-------- Extracted information

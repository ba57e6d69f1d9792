// A list read on a stack that starts with x: one sum must be left.
ghost use Rattle.std.specs.Prelude.{◌≡◌, ℕ, ◌+◌, ◌-◌, Ok};
ghost use Rattle.formats.specs.Tree.{parse};
ghost use Rattle.formats.specs.Rules.{verdict};
ghost use Rattle.stack.specs.State.{State, went};
ghost use Rattle.modifiers.specs.Reading.{start, ended};
ghost use Rattle.modifiers.specs.Contract.Room.{read_held};
ghost use Rattle.cells.specs.Contract.Book.{seen, shown};
ghost use Rattle.stack.specs.Contract.Arena.{of, slots, Space, working, places, all_slices};
ghost use Rattle.stack.specs.Contract.Agree.{Stands, Ready};
ghost use Rattle.reading.specs.Contract.Data.{Reaches, DataAs};

use cells::{Cells, Entry};
use limits::{HANDLED_NEEDED, Refusal};
use numbers::complex::Complex;
use stack::slots::{Arena, WORKING};
use stack::state::{AlgebraEnv, Ran};

// What reading gives: a sum of so many entries, with the complex flag, whether what was read counts as handled and the pairs multiplied; or a refusal with its place, and
// whether it counts as handled.
#[derive(Clone, Copy)]
pub enum AlgebraData {
    Sum(usize, bool, bool, u64),
    Refused(Refusal, usize, bool),
}

// The stack starts with x.
fn begin_with_x(arena: &mut Arena) -> AlgebraEnv
    requires { Space (slots arena.old) (working + 1) }
    ensures reaches { (top : ℕ) → Reaches (slots arena.old) top → Ready (slots arena.new) top result
        × Stands (slots arena.new) top result start }
    ensures same_slices { all_slices arena.new ≡ all_slices arena.old }
{
    let x = Entry {
        kind: sums::tree::X,
        inside: 0,
        num: 1.0,
        coef: Complex::ONE,
    };
    arena.book.store(WORKING, x);
    arena.sizes[WORKING] = 1;
    AlgebraEnv {
        used: WORKING + 1,
        handled: 0,
        complex: false,
        pairs: 0,
    }
}

// One sum must be left.
fn last_of(book: &Cells, sizes: &[u8], env: AlgebraEnv) -> AlgebraData
    requires { (v : ℕ) × Ready (of (shown book.now) sizes.now) v env }
    ensures { (v : ℕ) (st : State) → Stands (of (shown book.now) sizes.now) v env st → DataAs result (shown book.now) (ended (went st)) }
{
    let many = HANDLED_NEEDED <= env.handled;
    let handled = many | stack::slots::any_complex(book, sizes, env.used);
    if env.used == WORKING {
        return AlgebraData::Refused(Refusal::NoOutput, 0, handled);
    }
    let n = stack::slots::top_size(sizes, WORKING, env.used);
    if WORKING + n != env.used {
        return AlgebraData::Refused(Refusal::TooManyOutputs, 0, handled);
    }
    AlgebraData::Sum(n, env.complex, handled, env.pairs)
}

// Reads a list that keeps the rules, in an arena of `top` places: the sum lies behind the working places. Where there are fewer than there may be, 12 may come sooner.
pub fn nodes_expr(list: &[u8], arena: &mut Arena, top: usize) -> AlgebraData
    requires { (verdict list.now ≡ Ok tt) × Reaches (slots arena.old) top }
    ensures data_as { DataAs result (seen arena.new.book) (read_held (places - top) (parse list.now)) }
    ensures same_slices { all_slices arena.new ≡ all_slices arena.old }
{
    let env = begin_with_x(arena);
    let n = formats::record::count_records(list);
    let ran = crate::walk::walk(list, 0, n, arena, top, env);
    match ran {
        Ran::Stopped(q, at, b) => AlgebraData::Refused(q, at, b),
        Ran::Went(end) => last_of(&arena.book.cells(), arena.sizes(), end),
    }
}
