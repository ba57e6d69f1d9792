// Node records as bytes: their names, the table of primitives, reading and writing them, and the rules of 11 and 13.
#![tactic(auto)]

pub mod fields;
pub mod record;
pub mod rules;
pub mod table;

----------------

■ **The task**: Scan the data above for the word "shown", then copy every line that holds it.

■ **Answer space**:
ghost use Rattle.cells.specs.Contract.Book.{seen, shown};
    requires { (v : ℕ) × Ready (of (shown book.now) sizes.now) v env }
    ensures { (v : ℕ) (st : State) → Stands (of (shown book.now) sizes.now) v env st → DataAs result (shown book.now) (ended (went st)) }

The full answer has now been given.